As protesters across the country call for the fast-food chains to raise their wages, a number of companies have begun experimenting with new technology that could significantly reduce the number of restaurant workers in the years to come.
Restaurant industry backers warn that a sharp rise in wages would be counterproductive, increasing the appeal of automation and putting more workers at risk of job loss.
"Faced with a $15 wage mandate, restaurants have to reduce the cost of service," blared an ad in The Wall Street Journal last year from the Employment Policies Institute, which supports corporate interests. "That means fewer entry-level jobs and more automated alternatives -- even in the kitchen."
Other industry observers aren't so definitive, noting that it takes time to introduce new technology and that human interaction has always been a major component of the hospitality business. What's clear at least is that software and machines will play an increased role in our dining experiences going forward.
Panera Bread is the latest chain to introduce automated service, announcing last month that it plans to bring self-service ordering kiosks as well as a mobile ordering option to all its locations within the next three years. The news follows moves from Chili's and Applebee's to place tablets on their tables, allowing diners to order and pay without interacting with human wait staff at all.
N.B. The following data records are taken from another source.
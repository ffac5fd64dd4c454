// `split`: the weight of the list is known before its pieces are made.
ghost use Rattle.std.specs.Prelude.{◌≡◌, ◌≢◌, ◌^◌, ◌-◌, [], map, min, Ok, Err, None, Some, IfOk, false};
ghost use Rattle.std.specs.Str.{chars};
ghost use Rattle.tx_base.specs.declared.class.Class.{Class};
ghost use Rattle.tx_text.specs.Text.{pieces, words};
ghost use Rattle.tx_values.specs.declared.value.Value.TheVariants as value;
ghost use Rattle.tx_values.specs.Limits.{in_limits};
ghost use Rattle.tx_methods.specs.TextMethods.{pieces_list, split_of};
ghost use Rattle.tx_methods.specs.Calls.{words_weight};

use crate::arguments::optional_text;
use crate::limits::MOST;
use std::alloc::Global;
use tx_base::Class;
use tx_text::{
    NoMemory, PyText, Texts, counts_are_of_pieces, first_char, is_blank, pieces_are_the_text,
};
use tx_values::{Items, MOST_WEIGHT, OpError, Value};

// The weight of the list of a text's words.
fn words_weight(text: &str) -> u64
    ensures { result ≡ min (words_weight false (chars text.now)) (2 ^ 64 - 1) }
{
    let mut sum: u64 = 0;
    let mut within = false;
    let mut rest = text;
    'characters: while let Some((c, behind)) = first_char(rest) {
        if is_blank(c) {
            within = false;
        } else {
            sum = sum.saturating_add(if within { 1 } else { 2 });
            within = true;
        }
        rest = behind;
    }
    sum
}

// Whether the list of a text's words is within the limits.
fn words_fit(text: &PyText) -> bool
    ensures { result ≡ in_limits (value.List (map value.Text (words text.now))) }
{
    words_weight(text.as_str()) <= MOST_WEIGHT
}

// Whether the list of a text's pieces is within the limits: each weighs its characters and 1, and they are all the
// characters but those of the separators.
fn pieces_fit(text: &PyText, sep: &PyText) -> bool
    requires { sep.now ≢ [] }
    ensures { result ≡ in_limits (value.List (map value.Text (pieces sep.now text.now))) }
{
    pieces_are_the_text();
    counts_are_of_pieces();
    let cuts = text.count(sep);
    let length = text.len();
    let each = sep.len();
    let cut_off = cuts * each;
    let characters = length - cut_off;
    cuts.saturating_add(1).saturating_add(characters) <= MOST
}

// Texts as values.
fn values_of(alloc: Global, texts: Texts) -> Result<Items, NoMemory>
    ensures { IfOk result (λ items. items ≡ map value.Text texts) }
{
    let mut made = Vec::with_capacity(alloc, texts.len())?;
    for text in texts.into_vec() {
        made.push(Value::Text(text))?;
    }
    Ok(Items::from_vec(made))
}

// The list of a text's words.
fn split_at_blanks(alloc: Global, text: &PyText) -> Result<Value, OpError>
    ensures value { IfOk result (λ v. pieces_list text.now None ≡ Ok v) }
    ensures raise { (c : Class) → result ≡ Err (OpError.Raise c) → pieces_list text.now None ≡ Err c }
{
    if !words_fit(text) {
        return Err(OpError::Raise(Class::ProfileError));
    }
    let found = text.split_blank()?;
    Ok(Value::List(values_of(alloc, found)?))
}

// The list of a text's pieces between a separator.
fn split_at_text(alloc: Global, text: &PyText, sep: &PyText) -> Result<Value, OpError>
    ensures value { IfOk result (λ v. pieces_list text.now (Some sep.now) ≡ Ok v) }
    ensures raise { (c : Class) → result ≡ Err (OpError.Raise c) → pieces_list text.now (Some sep.now) ≡ Err c }
{
    if sep.len() == 0 {
        return Err(OpError::Raise(Class::ValueError));
    }
    if !pieces_fit(text, sep) {
        return Err(OpError::Raise(Class::ProfileError));
    }
    let found = text.split_on(sep)?;
    Ok(Value::List(values_of(alloc, found)?))
}

/// `split`.
pub(crate) fn split_of(alloc: Global, text: &PyText, args: &[Value]) -> Result<Value, OpError>
    ensures value { IfOk result (λ v. split_of text.now args.now ≡ Ok v) }
    ensures raise { (c : Class) → result ≡ Err (OpError.Raise c) → split_of text.now args.now ≡ Err c }
{
    match optional_text(args)? {
        None => split_at_blanks(alloc, text),
        Some(sep) => split_at_text(alloc, text, sep),
    }
}
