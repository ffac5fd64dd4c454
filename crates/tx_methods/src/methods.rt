// Methods by the kind of the value that they are of.
ghost use Rattle.std.specs.Prelude.{◌≡◌, Ok, Err, IfOk};
ghost use Rattle.tx_base.specs.declared.class.Class.{Class};
ghost use Rattle.tx_methods.specs.Methods.{dictionaries_have, has_method_of, method_of, sequences_have, texts_have};

use crate::dictionaries::dict_method;
use crate::sequences::sequence_method;
use crate::texts::text_method;
use std::alloc::Global;
use tx_base::Class;
use tx_tree::Method;
use tx_values::{Items, OpError, Value};

fn texts_have(m: Method) -> bool
    ensures { result ≡ texts_have m }
{
    !matches!(m, Method::Get)
}

fn sequences_have(m: Method) -> bool
    ensures { result ≡ sequences_have m }
{
    matches!(m, Method::Count | Method::Index)
}

fn dictionaries_have(m: Method) -> bool
    ensures { result ≡ dictionaries_have m }
{
    matches!(m, Method::Get)
}

/// Whether a value of this kind has the method: texts have all but `get`, tuples and lists `count` and `index`, dictionaries
/// `get`. The views of a dictionary are walks.
pub fn has_method(m: Method, on: &Value) -> bool
    ensures { result ≡ has_method_of m on.now }
{
    match on {
        Value::Text(_) => texts_have(m),
        Value::Tuple(_) => sequences_have(m),
        Value::List(_) => sequences_have(m),
        Value::Dict(_) => dictionaries_have(m),
        _ => false,
    }
}

/// What a method gives (`docs/LANGUAGE.md`, "Functions and methods"): `"a,,b".split(",")` is `["a", "", "b"]`. Of a kind
/// that lacks it that is AttributeError, and for a number of arguments that it does not take TypeError.
pub fn method(alloc: Global, m: Method, on: &Value, args: &Items) -> Result<Value, OpError>
    ensures value { IfOk result (λ v. method_of m on.now args.now ≡ Ok v) }
    ensures raise { (c : Class) → result ≡ Err (OpError.Raise c) → method_of m on.now args.now ≡ Err c }
{
    let args = args.as_slice();
    match on {
        Value::Text(text) => text_method(alloc, m, text, args),
        Value::Tuple(items) => sequence_method(m, items.as_slice(), args),
        Value::List(items) => sequence_method(m, items.as_slice(), args),
        Value::Dict(pairs) => dict_method(alloc, m, pairs.as_slice(), args),
        _ => Err(OpError::Raise(Class::AttributeError)),
    }
}
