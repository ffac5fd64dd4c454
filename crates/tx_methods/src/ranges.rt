// The items of `range`.
ghost use Rattle.std.specs.Prelude.{◌≡◌, ◌≢◌, ◌≤◌, ◌+ℤ◌, ◌∷◌, [], Ok, Err, IfOk, map, pos, true};
ghost use Rattle.tx_base.specs.declared.class.Class.{Class};
ghost use Rattle.tx_base.specs.Width.{is_128_bit};
ghost use Rattle.tx_num.specs.Range.{count_between, items_from};
ghost use Rattle.tx_values.specs.declared.value.Value.TheVariants as value;
ghost use Rattle.tx_methods.specs.Walks.{range_items, range_of};

use crate::arguments::a_number;
use std::alloc::Global;
use tx_base::Class;
use tx_num::{RangeLength, add, range_length, ranges_stop_before_the_end};
use tx_text::NoMemory;
use tx_values::{Items, OpError, Value};

// The item behind another, or itself where there is none of 128 bits, as it may be behind the last item.
fn next_of(item: i128, step: i128) -> i128
    ensures { is_128_bit (item +ℤ step) ≡ true → result ≡ item +ℤ step }
{
    match add(item, step) {
        Some(next) => next,
        None => item,
    }
}

// So many integers, from the first one by a step; those of a range, so that each has 128 bits.
fn stepped(alloc: Global, first: i128, end: i128, step: i128, count: u32) -> Result<Items, NoMemory>
    requires some { step ≢ pos 0 }
    requires within { count ≤ count_between first end step }
    ensures { IfOk result (λ items. items ≡ map value.Int (items_from first step count)) }
{
    ranges_stop_before_the_end();
    let mut made = Vec::with_capacity(alloc, count as usize)?;
    let mut item = first;
    for _turn in 0..count {
        made.push(Value::Int(item))?;
        item = next_of(item, step);
    }
    Ok(Items::from_vec(made))
}

// `range(first, end, step)`.
fn range_of(alloc: Global, first: i128, end: i128, step: i128) -> Result<Items, OpError>
    ensures value { IfOk result (λ items. range_of first end step ≡ Ok items) }
    ensures raise { (c : Class) → result ≡ Err (OpError.Raise c) → range_of first end step ≡ Err c }
{
    match range_length(first, end, step) {
        RangeLength::Count(count) => Ok(stepped(alloc, first, end, step, count)?),
        RangeLength::NoStep => Err(OpError::Raise(Class::ValueError)),
        RangeLength::Past => Err(OpError::Raise(Class::ProfileError)),
    }
}

// `range` of three numbers.
#[tactic(auto, using(crate::proofs::RangeArguments::three_numbers))]
fn range_of_three(alloc: Global, a: &Value, b: &Value, c: &Value) -> Result<Items, OpError>
    ensures value { IfOk result (λ items. range_items (a.now ∷ b.now ∷ c.now ∷ []) ≡ Ok items) }
    ensures raise { (class : Class) → result ≡ Err (OpError.Raise class) → range_items (a.now ∷ b.now ∷ c.now ∷ []) ≡ Err class }
{
    let first = a_number(a)?;
    let end = a_number(b)?;
    let step = a_number(c)?;
    range_of(alloc, first, end, step)
}

/// `range` of one, two or three numbers.
pub(crate) fn range_items(alloc: Global, args: &[Value]) -> Result<Items, OpError>
    ensures value { IfOk result (λ items. range_items args.now ≡ Ok items) }
    ensures raise { (c : Class) → result ≡ Err (OpError.Raise c) → range_items args.now ≡ Err c }
{
    match args {
        [] => Err(OpError::Raise(Class::TypeError)),
        [a] => range_of(alloc, 0, a_number(a)?, 1),
        [a, b] => {
            let first = a_number(a)?;
            range_of(alloc, first, a_number(b)?, 1)
        }
        [a, b, c] => range_of_three(alloc, a, b, c),
        _ => Err(OpError::Raise(Class::TypeError)),
    }
}
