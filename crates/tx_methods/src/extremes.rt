// The least and the greatest of items.
ghost use Rattle.std.specs.Prelude.{◌≡◌, Ok, Err, IfOk};
ghost use Rattle.tx_base.specs.declared.class.Class.{Class};
ghost use Rattle.tx_methods.specs.Builtins.{greatest_of, least_of};

use tx_base::Class;
use tx_values::{OpError, Value, less};

/// The first item that no other one is less than, as Python's `min`. None at all is ValueError, and items without an order
/// are TypeError.
pub(crate) fn least(items: &[Value]) -> Result<&Value, OpError>
    ensures value { IfOk result (λ found. least_of items.now ≡ Ok found.now) }
    ensures raise { (c : Class) → result ≡ Err (OpError.Raise c) → least_of items.now ≡ Err c }
{
    let Some((first, others)) = items.split_first() else {
        return Err(OpError::Raise(Class::ValueError));
    };
    let mut kept = first;
    for item in others {
        match less(item, kept) {
            Ok(true) => kept = item,
            Ok(false) => {}
            Err(class) => return Err(OpError::Raise(class)),
        }
    }
    Ok(kept)
}

/// The first item that no other one is greater than, as Python's `max`.
pub(crate) fn greatest(items: &[Value]) -> Result<&Value, OpError>
    ensures value { IfOk result (λ found. greatest_of items.now ≡ Ok found.now) }
    ensures raise { (c : Class) → result ≡ Err (OpError.Raise c) → greatest_of items.now ≡ Err c }
{
    let Some((first, others)) = items.split_first() else {
        return Err(OpError::Raise(Class::ValueError));
    };
    let mut kept = first;
    for item in others {
        match less(kept, item) {
            Ok(true) => kept = item,
            Ok(false) => {}
            Err(class) => return Err(OpError::Raise(class)),
        }
    }
    Ok(kept)
}
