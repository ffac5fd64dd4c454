// Want of memory.
use std::alloc::{AllocError, AllocFailed};
use thiserror::Error;

/// Memory was refused. Every call that allocates answers it, alone or as a variant of its error, and `?` makes it of
/// what std answers.
#[derive(Clone, Copy, Debug, PartialEq, Eq, Error)]
#[error("out of memory")]
pub struct NoMemory;

impl From<AllocError> for NoMemory {
    fn from(_: AllocError) -> Self {
        NoMemory
    }
}

impl<T: Drop> From<AllocFailed<T>> for NoMemory {
    fn from(_: AllocFailed<T>) -> Self {
        NoMemory
    }
}
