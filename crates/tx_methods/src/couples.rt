// Tuples of two: what `enumerate`, `zip` and `items` go through.
ghost use Rattle.std.specs.Prelude.{◌≡◌, Ok, Err, IfOk, map, zip, true, false};
ghost use Rattle.std.specs.List.{list_all};
ghost use Rattle.tx_base.specs.declared.class.Class.{Class};
ghost use Rattle.tx_values.specs.Limits.{in_limits};
ghost use Rattle.tx_methods.specs.Walks.{couple, couples, numbered};

use crate::limits::couple_fits;
use std::alloc::Global;
use tx_base::Class;
use tx_text::NoMemory;
use tx_values::{Items, OpError, Value, copy};

// A tuple of two values.
fn couple(alloc: Global, a: Value, b: Value) -> Result<Value, NoMemory>
    ensures { IfOk result (λ v. v ≡ couple (a, b)) }
{
    let mut items = Vec::with_capacity(alloc, 2)?;
    items.push(a)?;
    items.push(b)?;
    Ok(Value::Tuple(Items::from_vec(items)))
}

// Whether each pair makes a tuple within the limits.
fn pairs_fit(pairs: &[(Value, Value)]) -> bool
    ensures { result ≡ list_all (λ pair. in_limits (couple pair)) pairs.now }
{
    for pair in pairs {
        if !couple_fits(&pair.0, &pair.1) {
            return false;
        }
    }
    true
}

// The tuples of pairs.
fn tuples(alloc: Global, pairs: &[(Value, Value)]) -> Result<Items, NoMemory>
    ensures { IfOk result (λ items. items ≡ map couple pairs.now) }
{
    let mut made = Vec::with_capacity(alloc, pairs.len())?;
    for pair in pairs {
        let key = copy(alloc, &pair.0)?;
        let value = copy(alloc, &pair.1)?;
        made.push(couple(alloc, key, value)?)?;
    }
    Ok(Items::from_vec(made))
}

/// The tuples of pairs, where each is within the limits: a dictionary's items.
pub(crate) fn pair_tuples(alloc: Global, pairs: &[(Value, Value)]) -> Result<Items, OpError>
    ensures value { IfOk result (λ items. couples pairs.now ≡ Ok items) }
    ensures raise { (c : Class) → result ≡ Err (OpError.Raise c) → couples pairs.now ≡ Err c }
{
    if !pairs_fit(pairs) {
        return Err(OpError::Raise(Class::ProfileError));
    }
    Ok(tuples(alloc, pairs)?)
}

// Whether each two items side by side make a tuple within the limits.
#[tactic(auto, using(crate::proofs::Zips::zip_rules))]
fn zip_fits(lefts: &[Value], rights: &[Value]) -> bool
    ensures { result ≡ list_all (λ pair. in_limits (couple pair)) (zip lefts.now rights.now) }
{
    let count = lefts.len().min(rights.len());
    for at in 0..count {
        if !couple_fits(&lefts[at], &rights[at]) {
            return false;
        }
    }
    true
}

// The tuples of items side by side, as many as the shorter list has.
#[tactic(auto, using(crate::proofs::Zips::zip_rules))]
fn zipped(alloc: Global, lefts: &[Value], rights: &[Value]) -> Result<Items, NoMemory>
    ensures { IfOk result (λ items. items ≡ map couple (zip lefts.now rights.now)) }
{
    let count = lefts.len().min(rights.len());
    let mut made = Vec::with_capacity(alloc, count)?;
    for at in 0..count {
        let left = copy(alloc, &lefts[at])?;
        let right = copy(alloc, &rights[at])?;
        made.push(couple(alloc, left, right)?)?;
    }
    Ok(Items::from_vec(made))
}

/// `zip` of two lists of items, where each tuple is within the limits.
pub(crate) fn zip_tuples(alloc: Global, lefts: &[Value], rights: &[Value]) -> Result<Items, OpError>
    ensures value { IfOk result (λ items. couples (zip lefts.now rights.now) ≡ Ok items) }
    ensures raise { (c : Class) → result ≡ Err (OpError.Raise c) → couples (zip lefts.now rights.now) ≡ Err c }
{
    if !zip_fits(lefts, rights) {
        return Err(OpError::Raise(Class::ProfileError));
    }
    Ok(zipped(alloc, lefts, rights)?)
}

// Whether each item behind its place makes a tuple within the limits.
fn numbered_fits(items: &[Value]) -> bool
    ensures { result ≡ list_all (λ pair. in_limits (couple pair)) (numbered 0 items.now) }
{
    for place in 0..items.len() {
        if !couple_fits(&Value::Int(0), &items[place]) {
            return false;
        }
    }
    true
}

// The tuples of items, each behind its place.
fn numbered(alloc: Global, items: &[Value]) -> Result<Items, NoMemory>
    ensures { IfOk result (λ made. made ≡ map couple (numbered 0 items.now)) }
{
    let mut made = Vec::with_capacity(alloc, items.len())?;
    for place in 0..items.len() {
        let item = copy(alloc, &items[place])?;
        made.push(couple(alloc, Value::Int(place as i128), item)?)?;
    }
    Ok(Items::from_vec(made))
}

/// `enumerate` of a list of items, where each tuple is within the limits.
pub(crate) fn numbered_tuples(alloc: Global, items: &[Value]) -> Result<Items, OpError>
    ensures value { IfOk result (λ made. couples (numbered 0 items.now) ≡ Ok made) }
    ensures raise { (c : Class) → result ≡ Err (OpError.Raise c) → couples (numbered 0 items.now) ≡ Err c }
{
    if !numbered_fits(items) {
        return Err(OpError::Raise(Class::ProfileError));
    }
    Ok(numbered(alloc, items)?)
}
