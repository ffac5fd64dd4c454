// Laws of the definitions, each the contract of a function that does nothing but name the laws that it stands on.
ghost use Rattle.tx_values.specs.Laws.{IsNumber, IsText};
ghost use Rattle.tx_methods.specs.Laws.{BuiltinTakesLaw, BuiltinsLaw, ExtremesLaw, IterateLaw, MethodTakesLaw, MethodsLaw, WalksLaw, ZipLaw};

use tx_num::ranges_stop_before_the_end;
use tx_text::places_are_least_and_greatest;
use tx_values::{
    equality_is_an_equivalence, numbers_and_texts_are_in_order, parts_are_less,
    validity_goes_by_parts,
};

/// What a built-in function, a method or a walk gives of valid values is valid, and so is each item that is gone through.
pub fn results_are_valid()
    ensures builtins { BuiltinsLaw }
    ensures methods { MethodsLaw }
    ensures iterate { IterateLaw }
    ensures walks { WalksLaw }
{
    validity_goes_by_parts();
    parts_are_less();
    ranges_stop_before_the_end();
    places_are_least_and_greatest();
}

/// Of numbers, and of texts, `min` gives the first item that no item is less than, and `max` the first that none is greater
/// than.
pub fn extremes_are_first()
    ensures numbers { ExtremesLaw IsNumber }
    ensures texts { ExtremesLaw IsText }
{
    numbers_and_texts_are_in_order();
    equality_is_an_equivalence();
}

/// `zip` goes through as many tuples as the shorter of the two has items.
pub fn zip_stops_at_the_shorter()
    ensures { ZipLaw }
{}

/// For a number of arguments that is not allowed a built-in function, and a method of a kind that has it, is TypeError.
pub fn wrong_numbers_are_type_errors()
    ensures builtins { BuiltinTakesLaw }
    ensures methods { MethodTakesLaw }
{}
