// Characters taken off the ends of a text.
ghost use Rattle.std.specs.Prelude.{◌≡◌, ◌∷◌, ◌++◌, ◌<◌, ◌==◌, [], length, MatchOption, IfSome, IfOk, option_map, option_copied};
ghost use Rattle.std.specs.List.{list_any};
ghost use Rattle.std.specs.Str.{chars};
ghost use Rattle.tx_text.specs.Text.{is_blank, is_taken, without_front, without_back, stripped};
ghost use Rattle.tx_text.specs.Laws.{StripLaw};

use crate::points::first_char;
use crate::{NoMemory, PyText};

/// The ends that `strip` takes characters off.
#[derive(Clone, Copy, Debug, PartialEq, Eq)]
pub enum Side {
    Both,
    Left,
    Right,
}

impl PyText {
    /// The text without whitespace at its ends, or without the characters of another text: `str.strip`, `str.lstrip`
    /// and `str.rstrip`. `"a-a"` without those of `"a"` is `"-"`.
    pub fn strip(&self, side: Side, of: Option<&PyText>) -> Result<PyText, NoMemory>
        ensures { IfOk result (λ t. t ≡ stripped side (is_taken (option_copied of.entry)) self.now) }
    {
        let those = of.map(|text| text.as_str());
        PyText::from_str(self.allocator(), trimmed(self.as_str(), side, those))
    }
}

/// What `strip` leaves of a text has no such character at an end that it takes from, what it took were such characters,
/// and at the other end it took nothing.
pub fn stripped_ends_are_clean()
    ensures { StripLaw }
{}

/// Whether a character is whitespace, as `str.isspace` says: Unicode's, and the four separators of ASCII.
pub fn is_blank(c: char) -> bool
    ensures { result ≡ is_blank c }
{
    c.is_whitespace() || matches!(c, '\u{1C}'..='\u{1F}')
}

// Whether a character is one of a text's.
fn is_one_of(those: &str, c: char) -> bool
    ensures { result ≡ list_any (λ d. d == c) (chars those.now) }
{
    those.contains(c)
}

// Whether a character is taken off.
fn is_taken(of: Option<&str>, c: char) -> bool
    ensures { result ≡ is_taken (option_map (λ t. chars t.now) of.entry) c }
{
    match of {
        None => is_blank(c),
        Some(those) => is_one_of(those, c),
    }
}

// The text without such characters at these ends.
fn trimmed<'a>(text: &'a str, side: Side, of: Option<&str>) -> &'a str
    ensures { chars result.now ≡ stripped side (is_taken (option_map (λ t. chars t.now) of.entry)) (chars text.now) }
{
    match side {
        Side::Both => back_trimmed(front_trimmed(text, of), of),
        Side::Left => front_trimmed(text, of),
        Side::Right => back_trimmed(text, of),
    }
}

// The last character of a text, and what stands before it.
fn last_of(text: &str) -> Option<(&str, char)>
    ensures value { MatchOption result (chars text.now ≡ []) (λ p. chars text.now ≡ chars p.0.now ++ p.1 ∷ []) }
    ensures shorter { IfSome result (λ p. length p.0.now < length text.now) }
{
    let mut rest = text.chars();
    match rest.next_back() {
        None => None,
        Some(c) => Some((rest.as_str(), c)),
    }
}

// The text behind the characters that are taken off its front.
fn front_trimmed<'a>(text: &'a str, of: Option<&str>) -> &'a str
    ensures { chars result.now ≡ without_front (is_taken (option_map (λ t. chars t.now) of.entry)) (chars text.now) }
{
    let mut rest = text;
    'front: while let Some((c, more)) = first_char(rest) {
        if !is_taken(of, c) {
            return rest;
        }
        rest = more;
    }
    rest
}

// The text before the characters that are taken off its back.
fn back_trimmed<'a>(text: &'a str, of: Option<&str>) -> &'a str
    ensures { chars result.now ≡ without_back (is_taken (option_map (λ t. chars t.now) of.entry)) (chars text.now) }
{
    let mut rest = text;
    'back: while let Some((before, c)) = last_of(rest) {
        if !is_taken(of, c) {
            return rest;
        }
        rest = before;
    }
    rest
}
Panera, which spent $42 million developing its new system, claims it isn't planning any job cuts as a result of the technology, but some analysts see this kind of shift as unavoidable for the industry.
In a widely cited paper released last year, University of Oxford researchers estimated that there is a 92% chance that fast-food preparation and serving will be automated in the coming decades.
Delivery drivers could be replaced en masse by self-driving cars, which are likely to hit the market within a decade or two, or even drones.